We are looking for a viable design pattern for building Scalacheck Gen (generators) that can produce both positive and negative test scenarios. This will allow us to run forAll tests to validate functionality (positive cases), and also verify that our case class validation works correctly by failing on all invalid combinations of data.
Making a simple, parameterized Gen that does this on a one-off basis is pretty easy. For example:
def idGen(valid: Boolean = true): Gen[String] = Gen.oneOf(ID.values.toList).map(s => if (valid) s else Gen.oneOf(simpleRandomCode(4), "").sample.get)
With the above, I can get a valid or invalid ID for testing purposes. The valid one, I use to make sure business logic succeeds. The invalid one, I use to make sure our validation logic rejects the case class.
Ok, so -- problem is, on a large scale, this becomes very unwieldly. Let's say I have a data container with, oh, 100 different elements. Generating a "good" one is easy. But now, I want to generate a "bad" one, and furthermore:
I want to generate a bad one for each data element, where a single data element is bad (so at minimum, at least 100 bad instances, testing that each invalid parameter is caught by validation logic).

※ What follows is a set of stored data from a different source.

/// The commands in the order of the help.
const COMMANDS: [Described; 13] = [
    Described {
        name: "answer",
        about: "Reads messages in hex lines, and prints what one node answers",
        more: "The node begins alone in its group and keeps nothing. A line is one message or several (docs/FORMATS.md).\n\nExit status: 0 all was answered; 1 a line or a message can't be read, or comes of a stranger, reading or writing failed, or there was no memory; 2 the command line can't be read, or asks for help.\n\nExample: echo 010102000000 | invite answer 0 3",
        arguments: &[SELF, NODES],
    },
    Described {
        name: "show",
        about: "Reads messages in hex lines, and prints them as text",
        more: "A line is one message or several (docs/FORMATS.md).\n\nExit status: 0 all was shown; 1 a line or a message can't be read, reading or writing failed, or there was no memory; 2 the command line can't be read, or asks for help.\n\nExample: echo 010102000000 | invite show",
        arguments: &[],
    },
    Described {
        name: "sim",
        about: "Reads a schedule, runs it on a simulated cluster, and prints what each act did",
        more: "The first line is cluster NODES SLOTS, each other one an act, such as check 0, deliver 3, cut 0 1 or crash 2 (docs/SIMULATION.md). After the last act each node is printed.\n\nExit status: 0 the acts were done, or refused; 1 a line can't be read, reading or writing failed, or there was no memory; 2 the command line can't be read, or asks for help.\n\nExample: printf 'cluster 2 8\\ncheck 0\\ndeliver 0\\n' | invite sim",
        arguments: &[NAMES, TABLES],
    },
    Described {
        name: "store",
        about: "Reads lines that ask something of a store in a file, and prints what each was answered",
        more: "A store is a counter and a journal of jobs. Its lines are format SLOTS, mount, raise, put, done, compact and list (docs/FORMATS.md).\n\nExit status: 0 the lines were answered, some as refused; 1 a line can't be read, reading or writing failed, or there was no memory; 2 the command line can't be read, or asks for help.\n\nExample: printf 'format 4\\nmount\\nraise\\n' | invite store /tmp/store",
        arguments: &[PATH],
    },
    Described {
        name: "format",
        about: "Makes the file of a node, where there is none of this name",
        more: "It reads nothing but the jobs. With --lease it is the file of a process of leases, as in: invite format --lease /tmp/leases0 0. A node that lost its file takes FIRST above each count and id that it gave (docs/FORMATS.md).\n\nExit status: 0 the file was made; 1 there is something of its name, or a line of the jobs can't be taken, reading or writing failed, or there was no memory; 2 the command line can't be read, or asks for help; 3 the device failed; 7 its folder isn't there, or may not be written; 8 there is no room for it.\n\nExample: invite format /tmp/node0 64 0 3",
        arguments: &[
            FILE,
            FORMAT_SLOTS,
            FORMAT_SELF,
            FORMAT_NODES,
            FIRST,
            JOBS,
            STRIDE,
            FORMAT_CLUSTER,
            LEASE,
        ],
    },
    Described {
        name: "node",
        about: "Reads lines that ask something of the node over its file, and answers each at once",
        more: "Its lines are events such as check, deliver HEX, submit, finish, tick MS, and state and jobs (docs/FORMATS.md).\n\nExit status: 0 the input ended; 1 reading or writing failed, or there was no memory; 2 the command line can't be read, or asks for help; 3 the device failed; 4 another process has the file open; 5 the file isn't this node's; 6 the keys can't be used; 7 the file can't be opened, or was removed, replaced, cut off or written over meanwhile.\n\nExample: printf 'state\\n' | invite node /tmp/node0 0 3",
        arguments: &[FILE, SELF, NODES, ROUND_TRIP_MS, KEY, NODE_CLUSTER, LIFE],
    },
    Described {
        name: "lease",
        about: "Reads lines that ask something of a process of leases over its file, and answers each at once",
        more: "It writes process COUNT first; a time of a line is read behind that. Its lines are tick MS, deliver MS HEX, acquire MS NAME CLIENT and release MS NAME CLIENT (docs/FORMATS.md).\n\nExit status: 0 the input ended; 1 reading or writing failed, or there was no memory; 2 the command line can't be read, or asks for help; 3 the device failed; 4 another process has the file open; 5 the file isn't one of this machine's leases, is damaged, or has no epochs left; 6 the keys can't be used; 7 the file can't be opened, or was removed or cut off meanwhile.\n\nExample: printf 'tick 0\\n' | invite lease /tmp/leases0 0 3",
        arguments: &[LEASE_FILE, SELF, NODES, ROUND_TRIP_MS, KEY, CLUSTER],
    },
    Described {
        name: "inspect",
        about: "Prints what the file of a node or of a store holds",
        more: "A line for each name and its value: whose file it is, the slots, the count of groups, the next id, the jobs by queue, or what is damaged and where (docs/FORMATS.md). It takes no lock and writes nothing.\n\nExit status: 0 all was printed; 1 something is damaged, missing or broken, reading or writing failed, or there was no memory; 2 the command line can't be read, or asks for help; 3 the device failed; 7 the file can't be opened.\n\nExample: invite inspect /tmp/node0",
        arguments: &[LOOKED_AT, VERIFY],
    },
    Described {
        name: "export",
        about: "Prints the jobs of the file of a node or of a store",
        more: "A line for each job: job ID QUEUE HEX P, as list of invite store prints it. It takes no lock and writes nothing.\n\nExit status: 0 the jobs were printed; 1 something is damaged or missing, reading or writing failed, or there was no memory; 2 the command line can't be read, or asks for help; 3 the device failed; 7 the file can't be opened.\n\nExample: invite export /tmp/node0 > /tmp/jobs",
        arguments: &[LOOKED_AT, SALVAGE],
    },
    Described {
        name: "trace",
        about: "Reads a trace, and prints an order in which its entries can have come, or where none goes on",
        more: "A trace is the nodes' histories as JSON. It is read from standard input, or from files that have some of the nodes each, in their order (docs/SIMULATION.md).\n\nExit status: 0 it is a run, or one that may go on; 1 it is none, or no trace, reading or writing failed, or there was no memory; 2 the command line can't be read, or asks for help.\n\nExample: echo '{\"nodes\":1,\"histories\":[[{\"do\":\"check\",\"sent\":[]}]]}' | invite trace",
        arguments: &[JUDGED, ONGOING, TURNS, CORE],
    },
    Described {
        name: "judge",
        about: "Reads the entries of a run as they come, and prints the verdict on all that came where that is asked for",
        more: "A line is a trace of all nodes, whose entries come behind those before (docs/SIMULATION.md). An empty line asks; what it prints is what trace --ongoing prints of all that came.\n\nExit status: 0 the input ended, and each verdict was Run or Ongoing; 1 one was NotARun, a line is no trace of as many nodes as the first, reading or writing failed, or there was no memory; 2 the command line can't be read, or asks for help.\n\nExample: printf '{\"nodes\":1,\"histories\":[[{\"do\":\"check\",\"sent\":[]}]]}\\n\\n' | invite judge",
        arguments: &[],
    },
    Described {
        name: "record",
        about: "Reads a schedule, runs it on a simulated cluster, and prints its trace",
        more: "The trace is what trace reads: the nodes' histories as JSON, in one line, with the order in which their entries came (docs/SIMULATION.md).\n\nExit status: 0 the trace was printed; 1 a line can't be read, reading or writing failed, or there was no memory; 2 the command line can't be read, or asks for help.\n\nExample: printf 'cluster 2 8\\ncheck 0\\ndeliver 0\\n' | invite record",
        arguments: &[],
    },
    Described {
        name: "threads",
        about: "Reads plans, runs them on nodes in threads, and prints the trace of that run",
        more: "The first line is cluster NODES SLOTS, the second links CAPACITY, each other one a turn of a worker, such as 0 clock check, 1 intake 0 or 0 operator crash (docs/SIMULATION.md). The trace is what trace reads: the nodes and their histories, in one line.\n\nExit status: 0 the trace was printed; 1 a line can't be read, or the run is unfinished, reading or writing failed, or there was no memory; 2 the command line can't be read, or asks for help.\n\nExample: printf 'cluster 2 8\\nlinks 8\\n0 clock check\\n1 intake 0\\n' | invite threads",
        arguments: &[ORDER],
    },
];
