/// The jobs of the file of this path, or of the input where the path is a dash. Where they can't be read, says why, and gives the exit
/// status.
fn listed<R: Read, E: Write>(
    rt: &impl Files<File = File>,
    alloc: Global,
    path: &str,
    making: &Making,
    input: &mut R,
    errors: &mut E,
) -> io::Result<Result<JobTable, u8>>
    ensures first { IfOk result (λ jobs. IfOk jobs (λ table. table.next ≡ making.now.first)) }
    ensures fits { IfOk result (λ jobs. IfOk jobs (λ table. length table.pending + 2 ≤ making.now.slots)) }
    ensures status { IfOk result (λ jobs. IfErr jobs (λ code. EndsAs code ⊎ (code ≡ 1))) }
{
    let read = if path == "-" {
        bytes_of(alloc, Source::new(input), errors)?
    } else {
        match file_to_read(rt, path) {
            Ok(file) => bytes_of(alloc, Source::new(file), errors)?,
            Err(status) => return Ok(Err(explain_status(path, status, errors)?)),
        }
    };
    let Some(bytes) = read else {
        return Ok(Err(1));
    };
    match store_console::read_jobs(alloc, making.slots, making.first, &bytes) {
        Ok(jobs) => Ok(Ok(jobs)),
        Err(LineFault::NoMemory) => Err(io::Error::from(ErrorKind::OutOfMemory)),
        Err(LineFault::BadLine(number)) => {
            let flaw = store_console::job_flaw(alloc, making.slots, making.first, &bytes, number)?;
            writeln!(errors, "invite: line {number}: {flaw}")?;
            Ok(Err(1))
        }
    }
}

/// All bytes of an input. None, and a word to `errors`, where it can't be read.
fn bytes_of<R: Read + Drop, E: Write>(
    alloc: Global,
    mut input: Source<R>,
    errors: &mut E,
) -> io::Result<Option<Vec<u8>>> {
    match read_source(alloc, &mut input) {
        Ok(bytes) => Ok(Some(bytes)),
        Err(IoTrouble::NoMemory) => Err(io::Error::from(ErrorKind::OutOfMemory)),
        Err(IoTrouble::Unread) => {
            explain(errors, Reason::Unread(input.fault()))?;
            Ok(None)
        }
    }
}
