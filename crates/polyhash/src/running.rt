// A hash that is under way.
pub mod calls;

// `key` is the block that it is under, `sum` the hash of the whole blocks so far, and `part` the number of the `fill` bytes
// that stand after them. Every value is a running hash, and a copy goes on by itself.
// A number and how many bytes it is of: a draft holds words and no array.
#[derive(Clone, Copy)]
pub struct Running {
    key: u128,
    sum: u128,
    part: u128,
    fill: u8,
}
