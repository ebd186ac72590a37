// The hash of a string of bytes under a block, which runs over the string in pieces of any length.
#![tactic(auto)]

pub mod running;
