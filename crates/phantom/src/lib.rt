// The phantom test (docs/RULES.md, section 5). Current that finds its way through three closed contacts of a rectangle makes the fourth look closed:
//
//          column i   column j
//   row a     o----------o
//             |          |        three of these four pressed look like all four
//   row b     o----------o
//
// So a scan in which two columns have two rows in common is not to be believed.
#![tactic(auto)]

ghost use Rattle.std.specs.Prelude.{◌≡◌, ℕ, ◌≤◌, slice_index};
ghost use Rattle.phantom.specs.Phantom.{two_closed, is_phantom, any_two_closed, shares_at};

// Two or more rows are closed: one is still there when the lowest is taken away. Of no rows none is left, whatever the number before 0.
// Ones are not counted, as in frames.
#[tactic(auto, using(crate::proofs::Lowest::another_two))]
fn two_closed(rows: u8) -> bool
    ensures { result ≡ two_closed rows }
{
    let before = rows.wrapping_sub(1);
    rows & before != 0
}

// Some column has two or more closed rows. An early exit, as `any` has it, would take the columns one by one. Here and below an `if`
// raises the flag: where tests are or-ed, the compiler counts ones (368 instructions, not 185, for a scan that has every pair to look at).
fn any_two_closed(scan: &[u8; 18]) -> bool
    ensures { result ≡ any_two_closed scan.now }
{
    let mut any = false;
    for rows in scan {
        if two_closed(*rows) {
            any = true;
        }
    }
    any
}

// The columns with as many open ones behind them, so that each has another at every distance.
fn padded(scan: &[u8; 18]) -> [u8; 36]
    ensures { (i : ℕ) → slice_index result i ≡ slice_index scan.now i }
{
    let mut columns = [0u8; 36];
    columns[..18].copy_from_slice(scan);
    columns
}

// One of sixteen columns shares two rows with the one at a distance behind it. An early exit would part the pairs that are taken
// together. By index, since each place is paired with another of the same array.
fn shares_at(columns: &[u8; 36], distance: usize) -> bool
    requires { distance ≤ 18 }
    ensures { result ≡ shares_at 16 distance columns.now }
{
    let mut shared = false;
    for j in 0..16 {
        if two_closed(columns[j] & columns[j + distance]) {
            shared = true;
        }
    }
    shared
}

// A scan is phantom. Most scans have no column with two closed rows, and those are not. The others are searched distance by
// distance and not column by column: the pairs at one distance lie side by side, and the compiler takes sixteen at a time. The
// last two columns are the only pair that this leaves out.
pub fn is_phantom(scan: &[u8; 18]) -> bool
    ensures { result ≡ is_phantom scan.now }
{
    if !any_two_closed(scan) {
        return false;
    }
    let columns = padded(scan);
    let mut found = two_closed(columns[16] & columns[17]);
    for d in 1..18 {
        found |= shares_at(&columns, d);
    }
    found
}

I want to be able to override specific elements, for instance feeding in a bad ID or a bad "foobar." Whatever that is.
One pattern we can look to for inspiration is apply and copy, which allows us to easily compose new objects while specifying overridden values. For example:
val f = Foo("a", "b") // f: Foo = Foo(a,b)
val t = Foo.unapply(f) // t: Option[(String, String)] = Some((a,b))

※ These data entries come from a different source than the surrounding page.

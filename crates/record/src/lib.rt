// The dock's record (docs/RULES.md, sections 5 to 8 and 11; docs/RECORD.md lists the range of every part): five arrays, and the rest. A key
// or a command with 0 for none stays a number, and a held key's flag a byte, since C lends the record as bytes: flags, types and counts may
// be any byte, and are put back as they were lent.
#![tactic(auto)]

use contacts::{Columns, Counts};
use queue::Queue;
use replies::Replies;

pub mod power; // power.rt: the record at power-on
pub mod held; // held.rt: the flags of the held keys

// A key, or 0, for each position of a panel.
pub type Map = [u8; 144];

// A flag for each key, by its number.
pub type Held = [u8; 144];

// A type for each key, by its number.
pub type Types = [u8; keys::PLACES];

// What the host has chosen.
#[derive(Clone, Copy)]
pub struct Mode {
    pub set: u8, // 1 to 3
    pub rate: u8, // repeat rate and delay, as F3 gives them: 0 to 127
    pub indicators: u8, // 1 Scroll, 2 Num, 4 Caps, added up
}

// What goes to the terminal.
#[derive(Clone, Copy)]
pub struct Outgoing {
    pub queue: Queue, // the key bytes that wait
    pub repeating: u8, // the key that repeats, 0 for none
    pub countdown: u8, // the scans until its next repeat: 0 to 240
}

// All but the arrays.
#[derive(Clone, Copy)]
pub struct Rest {
    pub outgoing: Outgoing,
    pub mode: Mode,
    pub replies: Replies, // the replies that wait
    pub scanning: bool,
    pub waiting: u8, // the command that waits for its value, 0 for none
    pub handover: bool, // keys of a panel that was taken away are still to be released
    pub given: u8, // the last byte given that was not FE; FE before there is one
}

// All that the dock knows. Arrays side by side and no struct for each key or position: so the bytes lie as C lends them, and a loop takes
// sixteen at a time.
#[derive(Clone, Copy)]
pub struct Dock {
    pub map: Map, // the key at each position, 0 for none
    pub closed: Columns, // the contacts as they count
    pub counts: Counts, // for each position the counted scans in a row that showed it otherwise
    pub held: Held, // by key number: 0 not held, else held; a place that is no key's is never set
    pub types: Types, // the set 3 type of each key
    pub rest: Rest,
}
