// The record at power-on.
ghost use Rattle.std.specs.Prelude.{◌≡◌};
ghost use Rattle.record.specs.Power.{default_types, fresh_rest, power_on};

use crate::{Dock, Mode, Outgoing, Rest, Types};
use queue::Queue;
use replies::Replies;

// The default rate: 120 scans, then every 22 (docs/RULES.md, section 6).
pub const DEFAULT_RATE: u8 = 0x2b;

// The positions of the plain panel that have a key.
const PLAIN_KEYS: usize = 104;

// The types that the key table has, by key number. Sixteen to a line: key 0x1d is line 1, column d.
const DEFAULTS: Types = *b"\x00\x00\x00\x00\x00\x00\x00\x00\x00\x00\x00\x00\x00\x00\x00\x00\
    \x00\x00\x00\x00\x00\x00\x00\x00\x00\x00\x00\x00\x00\x01\x00\x00\
    \x00\x00\x00\x00\x00\x00\x00\x00\x00\x00\x01\x00\x00\x00\x00\x00\
    \x00\x00\x00\x00\x00\x01\x01\x01\x00\x02\x02\x02\x00\x02\x02\x02\
    \x02\x00\x00\x00\x00\x02\x02\x02\x02\x00\x02\x02\x02\x02\x02\x02\
    \x02\x02\x02\x02\x02\x02\x02\x02\x02\x02\x02\x02\x02\x02\x02\x02\
    \x02\x02\x02\x02\x02\x02\x01\x01\x01\x00\x00\x00\x00\x00\x00\x00\
    \x00\x00\x00\x00\x00\x00\x00\x00\x00\x00\x00\x00\x00\x00";

// The set 3 types that keys have until the host gives them others.
pub fn default_types() -> Types
    ensures { result ≡ default_types }
{
    DEFAULTS
}

// All but the arrays of a dock that has just woken up, with these replies waiting.
pub fn fresh_rest(replies: Replies) -> Rest
    ensures { result ≡ fresh_rest replies }
{
    Rest {
        outgoing: Outgoing {
            queue: Queue::empty(),
            repeating: 0,
            countdown: 0,
        },
        mode: Mode {
            set: 2,
            rate: DEFAULT_RATE,
            indicators: 0,
        },
        replies,
        scanning: true,
        waiting: 0,
        handover: false,
        given: hostbytes::RESEND,
    }
}

// Power-on: nothing seen or held, and AA waits as a reply. The map begins with no key, and is filled as the plain panel has them:
// key p + 1 at position p.
pub fn power_on() -> Dock
    ensures { result ≡ power_on }
{
    let mut map = [0; 144];
    // By index: what is written through `iter_mut` of a part of an array is not known to the proof afterwards.
    for position in 0..PLAIN_KEYS {
        map[position] = (position + 1) as u8;
    }
    // Put together at the end: a record that is made first and changed then lies twice on the stack.
    Dock {
        map,
        closed: [0; 18],
        counts: [0; 144],
        held: [0; 144],
        types: default_types(),
        rest: fresh_rest(Replies::of([hostbytes::AWAKE])),
    }
}
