// The flags of the held keys, by key number. Nothing else reads or sets one. Functions and no methods: `Held` is an array, as the record is
// laid out. A key is a byte below 144 and no type of its own: keys come out of the map, the types and loops as bytes, and every
// definition takes the number.
ghost use Rattle.std.specs.Prelude.{◌≡◌, ◌<◌};
ghost use Rattle.basics.specs.Choice.{pick};
ghost use Rattle.record.specs.Held.{held_at, key_down, key_up};

use crate::Held;

// A key is held.
pub fn is_held(held: &Held, key: u8) -> bool
    requires { key < 144 }
    ensures { result ≡ held_at held.now key }
{
    held[key as usize] != 0
}

// From now on a key is held, or it is not.
pub fn set_held(held: &mut Held, key: u8, holds: bool)
    requires { key < 144 }
    ensures { held.new ≡ pick holds (key_down held.old key) (key_up held.old key) }
{
    held[key as usize] = u8::from(holds);
}
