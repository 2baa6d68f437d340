// Words, numbers and lines, put behind the text so far. Not by `write!` and `{:02}`: their contracts say what was written only where they
// answer `Ok`, and not when they do.
#![tactic(auto)]

ghost use Rattle.std.specs.Prelude.{◌≡◌, ◌+◌, ◌≤◌, ◌++◌, length};
ghost use Rattle.arrayvec.specs.ArrayVec.{array_vec_len};
ghost use Rattle.lines.specs.Numerals.{most_digits, two_digits};
ghost use Rattle.lines.specs.Line.{line_of};

pub mod placed;

use arrayvec::ArrayVec;
use itoa::{Buffer, Integer};

// A word, for which there is room.
pub fn put<const ROOM: usize>(text: &mut ArrayVec<u8, ROOM>, word: &[u8])
    requires { array_vec_len text.old + length word.now ≤ ROOM }
    ensures bytes { text.new.items ≡ text.old.items ++ word.now }
    ensures len { array_vec_len text.new ≡ array_vec_len text.old + length word.now }
{
    text.try_extend_from_slice(word).unwrap();
}

// A number, as `{}` prints it.
pub fn put_number<I: Integer, const ROOM: usize>(text: &mut ArrayVec<u8, ROOM>, number: I)
    requires { array_vec_len text.old + I.MAX_STR_LEN ≤ ROOM }
    ensures bytes { text.new.items ≡ text.old.items ++ I.text number }
    ensures bound { array_vec_len text.new ≤ array_vec_len text.old + I.MAX_STR_LEN }
{
    let mut digits = Buffer::new();
    put(text, digits.format(number).as_bytes());
}

// A month or a day: always two digits.
#[tactic(auto, using(crate::proofs::Decimals::with_zero, crate::proofs::Decimals::without_zero, std::proofs::lemmas::Grind::common_steps))]
pub fn put_two_digits<const ROOM: usize>(text: &mut ArrayVec<u8, ROOM>, number: u8)
    requires { array_vec_len text.old + (1 + most_digits) ≤ ROOM }
    ensures bytes { text.new.items ≡ text.old.items ++ two_digits number }
    ensures bound { array_vec_len text.new ≤ array_vec_len text.old + (1 + most_digits) }
{
    if number < 10 {
        put(text, b"0");
    }
    put_number(text, number);
}

// A name, a number, the line's end.
pub fn put_line<I: Integer, const ROOM: usize>(
    text: &mut ArrayVec<u8, ROOM>,
    name: &[u8],
    number: I,
)
    requires { array_vec_len text.old + (length name.now + (I.MAX_STR_LEN + 1)) ≤ ROOM }
    ensures bytes { text.new.items ≡ text.old.items ++ line_of name.now (I.text number) }
    ensures bound { array_vec_len text.new ≤ array_vec_len text.old + (length name.now + (I.MAX_STR_LEN + 1)) }
{
    put(text, name);
    put_number(text, number);
    put(text, b"\n");
}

Foo(t.get._1, "c") // res0: Foo = Foo(a,c)
Above we see the basic idea of creating a mutating object from the template of another object. This is more easily expressed in Scala as:
val f = someFoo copy(b = "c")
Using this as inspiration we can think about our objectives. A few things to think about:
First, we could define a map or a container of key/values for the data element and generated value. This could be used in place of a tuple to support named value mutation.
Given a container of key/value pairs, we could easily select one (or more) pairs at random and change a value. This supports the objective of generating a data set where one value is altered to create failure.
Given such a container, we can easily create a new object from the invalid collection of values (using either
apply()or some other technique).Alternatively, perhaps we can develop a pattern that uses a tuple and then just
apply()it, kind of like thecopymethod, as long as we can still randomly alter one or more values.
We can probably explore developing a reusable pattern that does something like this:
def thingGen(invalidValueCount: Int): Gen[Thing] = ???
def someTest = forAll(thingGen) { v => invalidV = v.invalidate(1); validate(invalidV) must beFalse }
In the above code, we have a generator thingGen that returns (valid) Things. Then for all instances returned, we invoke a generic method invalidate(count: Int) which will randomly invalidate count values, returning an invalid object. We can then use that to ascertain whether our validation logic works correctly.
This would require defining an invalidate() function that, given a parameter (either by name, or by position) can then replace the identified parameter with a value that is known to be bad. This implies have an "anti-generator" for specific values, for instance, if an ID must be 3 characters, then it knows to create a string that is anything but 3 characters long.
Of course to invalidate a known, single parameter (to inject bad data into a test condition) we can simply use the copy method:
def thingGen(invalidValueCount: Int): Gen[Thing] = ???
def someTest = forAll(thingGen) { v => v2 = v copy(id = "xxx"); validate(v2) must beFalse }
That is the sum of my thinking to date. Am I barking up the wrong tree? Are there good patterns out there that handle this kind of testing? Any commentary or suggestions on how best to approach this problem of testing our validation logic?